Moraine Lake and Valley of the Ten Peaks, Banff National Park, Lake Louise, Alberta Kennan Harvey/ Corbis
Lake Louise is used to year-round adoration. In summer, the 1.5-mile-long stretch of emerald water nestling beneath a towering wall of glacier-draped Rocky Mountains – composed of Huber, Victoria North and Popes Peaks – offers some of the planet’s most serene kayaking. Fast-forward a few months, when temperatures have plummeted and skis replaced sunscreen, and it freezes into one of the most memorable skating rinks on earth. Small wonder it has been photographed to death. It should perhaps be rechristened Lake Cara or Lake Kate.
Does Moraine Lake get jealous? It has every right to. Just seven miles away in Banff National Park, it has a more discreet, less showboating beauty. When fully fed by surrounding glaciers each June, its distinct blue water – a result of refraction off fine-grained silt in the water – offers pristine reflections of the Valley of the Ten Peaks.
And don’t forget Banff town itself. The gateway to the eponymous national park, wrapped around Tunnel Mountain in the Bow River Valley, is the home of artists, superb hotels and outdoorsy types – a hot spot for hiking, biking and skiing. It also offers one of the more remarkable golf experiences, with courses visited by moose, elk and bears. So by all means photograph Lake Louise, but save some space for shots of the Fairmont Banff Springs Fairways. They’re truly unique.

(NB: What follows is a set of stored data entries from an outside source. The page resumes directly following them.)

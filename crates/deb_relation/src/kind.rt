//! The kinds of relation fields.

ghost use Rattle.std.specs.Prelude.{◌≡◌};
ghost use Rattle.deb_relation.specs.Kinds.{is_provide, has_alternatives, has_restrictions};

/// A kind of relation field, which says what may stand in it.
#[derive(Clone, Copy, PartialEq, Eq)]
pub enum Kind {
    /// Depends and Pre-Depends: alternatives.
    Need,
    /// Conflicts and Breaks.
    Clash,
    /// Provides: `=` is the only operator.
    Provide,
    /// Build-Depends, also -Arch and -Indep: alternatives and restrictions.
    BuildNeed,
    /// Build-Conflicts, also -Arch and -Indep: restrictions.
    BuildClash,
}

impl Kind {
    /// Tells whether a version stands behind `=` alone (Debian Policy 7.5).
    pub(crate) fn is_provide(self) -> bool
        ensures { result ≡ is_provide self }
    {
        matches!(self, Kind::Provide)
    }

    /// Tells whether an entry may have several alternatives.
    pub fn has_alternatives(self) -> bool
        ensures { result ≡ has_alternatives self }
    {
        matches!(self, Kind::Need | Kind::BuildNeed)
    }

    /// Tells whether an alternative may have architectures and profiles.
    pub(crate) fn has_restrictions(self) -> bool
        ensures { result ≡ has_restrictions self }
    {
        matches!(self, Kind::BuildNeed | Kind::BuildClash)
    }
}
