//! How the name, the qualifier and the version relation of an alternative are read.

ghost use Rattle.std.specs.Prelude.{◌≡◌, true};
ghost use Rattle.std.specs.List.{list_all};
ghost use Rattle.std.specs.Option.{option_map};
ghost use Rattle.deb_text.specs.Common.{Gives, is_name_byte, is_name};
ghost use Rattle.deb_relation.specs.Grammar.{name_at, qualifier_at, operator_of, is_equal, operator_at, version_in, closed_at, relation_in, relation_at};
ghost use Rattle.deb_relation.specs.View.{refusal_of};

use crate::error::{BAD_NAME, BAD_OPERATOR, BAD_VERSION, NOT_CLOSED, NOT_EQUAL, RelationError};
use crate::kind::Kind;
use crate::operator::Op;
use deb_text::{Class, begins_with, skip_front, split_front};
use deb_version::VersionRef;

/// Tells whether bytes of names, as they are here, make a name.
fn make_name(bytes: &[u8]) -> bool
    requires { list_all is_name_byte bytes.now ≡ true }
    ensures { result ≡ is_name bytes.now }
{
    bytes.len() >= 2 && begins_with(Class::Lower, bytes)
}

/// Reads the name at the front of an alternative, and gives what stands behind it too (Debian
/// Policy 5.6.1).
///
/// # Errors
///
/// [`BAD_NAME`] where it is no name.
#[tactic(auto, unfolding(crate::specs::Grammar::name_at))]
pub fn read_name(text: &[u8]) -> Result<(&[u8], &[u8]), RelationError>
    ensures { Gives refusal_of (λ part. (part.0.now, part.1.now)) result (name_at text.now) }
{
    let (name, rest) = split_front(Class::Name, text);
    if !make_name(name) {
        return Err(RelationError { code: BAD_NAME });
    }
    Ok((name, rest))
}

/// Reads the qualifier, if a colon stands at the front, and gives what stands behind it too (Debian
/// Policy 7.1).
///
/// # Errors
///
/// [`BAD_NAME`] where the colon has no qualifier behind it.
#[tactic(auto, unfolding(crate::specs::Grammar::qualifier_at))]
pub fn read_qualifier(text: &[u8]) -> Result<(Option<&[u8]>, &[u8]), RelationError>
    ensures { Gives refusal_of (λ part. (option_map (λ q. q.now) part.0, part.1.now)) result
        (qualifier_at text.now) }
{
    match text {
        [b':', rest @ ..] => {
            let (qualifier, rest) = split_front(Class::Qualifier, rest);
            if qualifier.is_empty() {
                return Err(RelationError { code: BAD_NAME });
            }
            Ok((Some(qualifier), rest))
        }
        _ => Ok((None, text)),
    }
}

fn operator_of(text: &[u8]) -> Option<Op>
    ensures { result ≡ operator_of text.now }
{
    match text {
        b"<<" => Some(Op::Earlier),
        b"<=" => Some(Op::EarlierOrEqual),
        b"=" => Some(Op::Equal),
        b">=" => Some(Op::LaterOrEqual),
        b">>" => Some(Op::Later),
        _ => None,
    }
}

fn is_equal(op: Op) -> bool
    ensures { result ≡ is_equal op }
{
    matches!(op, Op::Equal)
}

#[tactic(auto, unfolding(crate::specs::Grammar::operator_at))]
fn read_operator(kind: Kind, text: &[u8]) -> Result<(Op, &[u8]), RelationError>
    ensures { Gives refusal_of (λ part. (part.0, part.1.now)) result (operator_at kind text.now) }
{
    let (operator, rest) = split_front(Class::Operator, text);
    let Some(op) = operator_of(operator) else {
        return Err(RelationError { code: BAD_OPERATOR });
    };
    if kind.is_provide() && !is_equal(op) {
        return Err(RelationError { code: NOT_EQUAL });
    }
    Ok((op, rest))
}

#[tactic(auto, unfolding(crate::specs::Grammar::version_in))]
fn read_version(text: &[u8]) -> Result<(VersionRef<'_>, &[u8]), RelationError>
    ensures { Gives refusal_of (λ part. (part.0, part.1.now)) result (version_in text.now) }
{
    let (version, rest) = split_front(Class::Version, text);
    match VersionRef::parse(version) {
        Ok(version) => Ok((version, rest)),
        Err(_) => Err(RelationError { code: BAD_VERSION }),
    }
}

fn skip_bracket(text: &[u8]) -> Result<&[u8], RelationError>
    ensures { Gives refusal_of (λ rest. rest.now) result (closed_at text.now) }
{
    match text {
        [b')', rest @ ..] => Ok(rest),
        _ => Err(RelationError { code: NOT_CLOSED }),
    }
}

/// Reads the relation to a version, if a bracket stands at the front, and gives what stands behind
/// it too (Debian Policy 7.1). The call takes no memory.
///
/// # Errors
///
/// In this order: [`BAD_OPERATOR`]; [`NOT_EQUAL`] in a kind that takes `=` alone; [`BAD_VERSION`];
/// [`NOT_CLOSED`] where no bracket closes it there.
#[tactic(auto, unfolding(crate::specs::Grammar::relation_at))]
pub fn read_relation(
    kind: Kind,
    text: &[u8],
) -> Result<(Option<(Op, VersionRef<'_>)>, &[u8]), RelationError>
    ensures { Gives refusal_of (λ part. (part.0, part.1.now)) result (relation_at kind text.now) }
{
    match text {
        [b'(', rest @ ..] => read_relation_in(kind, rest),
        _ => Ok((None, text)),
    }
}

/// Reads the relation to a version behind its bracket.
#[inline(never)]
fn read_relation_in(
    kind: Kind,
    text: &[u8],
) -> Result<(Option<(Op, VersionRef<'_>)>, &[u8]), RelationError>
    ensures { Gives refusal_of (λ part. (part.0, part.1.now)) result (relation_in kind text.now) }
{
    let (op, rest) = read_operator(kind, skip_front(Class::Blank, text))?;
    let (version, rest) = read_version(skip_front(Class::Blank, rest))?;
    let rest = skip_bracket(skip_front(Class::Blank, rest))?;
    Ok((Some((op, version)), rest))
}
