//! How one alternative of a relation field is read.

ghost use Rattle.std.specs.Prelude.{◌≡◌, false};
ghost use Rattle.std.specs.Option.{option_map};
ghost use Rattle.deb_text.specs.Common.{Gives, is_blank, first_is};
ghost use Rattle.deb_relation.specs.Field.{alternative_at, atom_at, limited_at, only_judged};
ghost use Rattle.deb_relation.specs.Holding.{left_for, told};
ghost use Rattle.deb_relation.specs.View.{refusal_of};

use crate::atom::Atom;
use crate::error::{NO_ALTERNATIVE, RelationError};
use crate::grammar::{read_name, read_qualifier, read_relation};
use crate::holding::judge_restrictions;
use crate::host::{Host, NoHost};
use crate::kind::Kind;
use crate::lists::{read_archs, read_profiles};
use crate::operator::Op;
use deb_text::{Class, skip_front};
use deb_version::VersionRef;
use std::alloc::Global;

impl Atom {
    /// Reads one alternative of a field of a kind (Debian Policy 7.1).
    ///
    /// # Errors
    ///
    /// The first fault by its code: [`NO_ALTERNATIVE`] for a text of blanks alone;
    /// [`BAD_NAME`](crate::BAD_NAME) for its name and qualifier;
    /// [`BAD_OPERATOR`](crate::BAD_OPERATOR), [`NOT_EQUAL`](crate::NOT_EQUAL),
    /// [`BAD_VERSION`](crate::BAD_VERSION) and [`NOT_CLOSED`](crate::NOT_CLOSED) for its relation;
    /// [`RESTRICTION`](crate::RESTRICTION), [`NOT_CLOSED`](crate::NOT_CLOSED) and
    /// [`BAD_ARCHITECTURES`](crate::BAD_ARCHITECTURES) for its architectures, then
    /// [`RESTRICTION`](crate::RESTRICTION), [`NOT_CLOSED`](crate::NOT_CLOSED) and
    /// [`BAD_PROFILES`](crate::BAD_PROFILES) for its profiles; and
    /// [`BAD_NAME`](crate::BAD_NAME) for a byte that no later part begins with. 900 where memory
    /// is refused. Nothing is left behind.
    #[tactic(auto, unfolding(crate::specs::Field::alternative_at))]
    pub fn parse(alloc: Global, text: &[u8], kind: Kind) -> Result<Atom, RelationError>
        ensures { Gives refusal_of (λ atom. atom) result (alternative_at kind text.now) }
    {
        let text = skip_front(Class::Blank, text);
        if text.is_empty() {
            return Err(RelationError {
                code: NO_ALTERNATIVE,
            });
        }
        read_atom(alloc, kind, text)
    }

    /// Reads one alternative of a field of a kind as [`parse`](Atom::parse) does, and gives it
    /// without its restrictions where they hold for a host; where they do not, nothing is left of
    /// it. The restrictions take no memory.
    ///
    /// # Errors
    ///
    /// Those of [`parse`](Atom::parse). Nothing is left behind.
    pub fn parse_for<H: Host>(
        alloc: Global,
        text: &[u8],
        kind: Kind,
        host: &H,
    ) -> Result<Option<Atom>, RelationError>
        ensures { Gives refusal_of (λ left. left) result
            (told (left_for (H.is_arch host.now) (H.is_active host.now))
            (alternative_at kind text.now)) }
    {
        let text = skip_front(Class::Blank, text);
        if text.is_empty() {
            return Err(RelationError {
                code: NO_ALTERNATIVE,
            });
        }
        read_left(alloc, kind, text, host)
    }

    /// Judges one alternative of a field of a kind as [`parse`](Atom::parse) does, and keeps
    /// nothing. The call takes no memory.
    ///
    /// # Errors
    ///
    /// Those of [`parse`](Atom::parse), but for 900.
    pub fn judge(text: &[u8], kind: Kind) -> Result<(), RelationError>
        ensures { Gives refusal_of (λ _. tt) result (only_judged (alternative_at kind text.now)) }
    {
        let text = skip_front(Class::Blank, text);
        if text.is_empty() {
            return Err(RelationError {
                code: NO_ALTERNATIVE,
            });
        }
        judge_atom(kind, text)
    }
}

/// Reads an alternative without blanks at its front.
#[tactic(auto, unfolding(crate::specs::Field::atom_at))]
fn read_atom(alloc: Global, kind: Kind, text: &[u8]) -> Result<Atom, RelationError>
    requires { first_is is_blank text.now ≡ false }
    ensures { Gives refusal_of (λ atom. atom) result (atom_at kind text.now) }
{
    let (name, rest) = read_name(text)?;
    // most alternatives are a name alone
    if rest.is_empty() {
        return Ok(Atom::unrestricted(alloc, name, None, None)?);
    }
    let (qualifier, rest) = read_qualifier(rest)?;
    let (relation, rest) = read_relation(kind, skip_front(Class::Blank, rest))?;
    let rest = skip_front(Class::Blank, rest);
    // most others end here
    if rest.is_empty() {
        return Ok(Atom::unrestricted(alloc, name, qualifier, relation)?);
    }
    read_restricted(alloc, kind, name, qualifier, relation, rest)
}

/// Reads the restrictions of an alternative, whose other parts are read, to its end.
#[inline(never)]
fn read_restricted(
    alloc: Global,
    kind: Kind,
    name: &[u8],
    qualifier: Option<&[u8]>,
    relation: Option<(Op, VersionRef)>,
    text: &[u8],
) -> Result<Atom, RelationError>
    ensures { Gives refusal_of (λ atom. atom) result
        (limited_at kind name.now (option_map (λ q. q.now) qualifier.entry) relation.entry
        text.now) }
{
    let (archs, rest) = read_archs(alloc, kind, text)?;
    let profiles = read_profiles(alloc, kind, rest)?;
    Ok(Atom::new(alloc, name, qualifier, relation, archs, profiles)?)
}

/// Reads what is left of an alternative for a host. It has no blanks at its front.
#[tactic(auto, unfolding(crate::specs::Field::atom_at))]
fn read_left<H: Host>(
    alloc: Global,
    kind: Kind,
    text: &[u8],
    host: &H,
) -> Result<Option<Atom>, RelationError>
    requires { first_is is_blank text.now ≡ false }
    ensures { Gives refusal_of (λ left. left) result
        (told (left_for (H.is_arch host.now) (H.is_active host.now)) (atom_at kind text.now)) }
{
    let (name, rest) = read_name(text)?;
    // most alternatives are a name alone
    if rest.is_empty() {
        return Ok(Some(Atom::unrestricted(alloc, name, None, None)?));
    }
    let (qualifier, rest) = read_qualifier(rest)?;
    let (relation, rest) = read_relation(kind, skip_front(Class::Blank, rest))?;
    if !judge_restrictions(host, kind, skip_front(Class::Blank, rest))? {
        return Ok(None);
    }
    Ok(Some(Atom::unrestricted(alloc, name, qualifier, relation)?))
}

/// Judges an alternative without blanks at its front.
#[tactic(auto, unfolding(crate::specs::Field::atom_at))]
fn judge_atom(kind: Kind, text: &[u8]) -> Result<(), RelationError>
    requires { first_is is_blank text.now ≡ false }
    ensures { Gives refusal_of (λ _. tt) result (only_judged (atom_at kind text.now)) }
{
    let (_, rest) = read_name(text)?;
    // most alternatives are a name alone
    if rest.is_empty() {
        return Ok(());
    }
    let (_, rest) = read_qualifier(rest)?;
    let (_, rest) = read_relation(kind, skip_front(Class::Blank, rest))?;
    judge_restrictions(&NoHost, kind, skip_front(Class::Blank, rest))?;
    Ok(())
}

Stay: The famous Fairmont Banff Springs, known as the Castle in the Rockies. Styled after a Scottish baronial castle, the hotel is a national historic site and its construction in 1888, in the heart of the national park, kick-started tourism in the Rockies.
The inside track: For a memorable, alternative view of the local Rocky peaks, take a helicopter flight up to the Gloria Glacier, tumbling down Mount Assiniboine – the local answer to the Matterhorn. Alternatively, stay on solid ground – or at least reinforced glass – on the new Glacier Skywalk, 918ft above the void.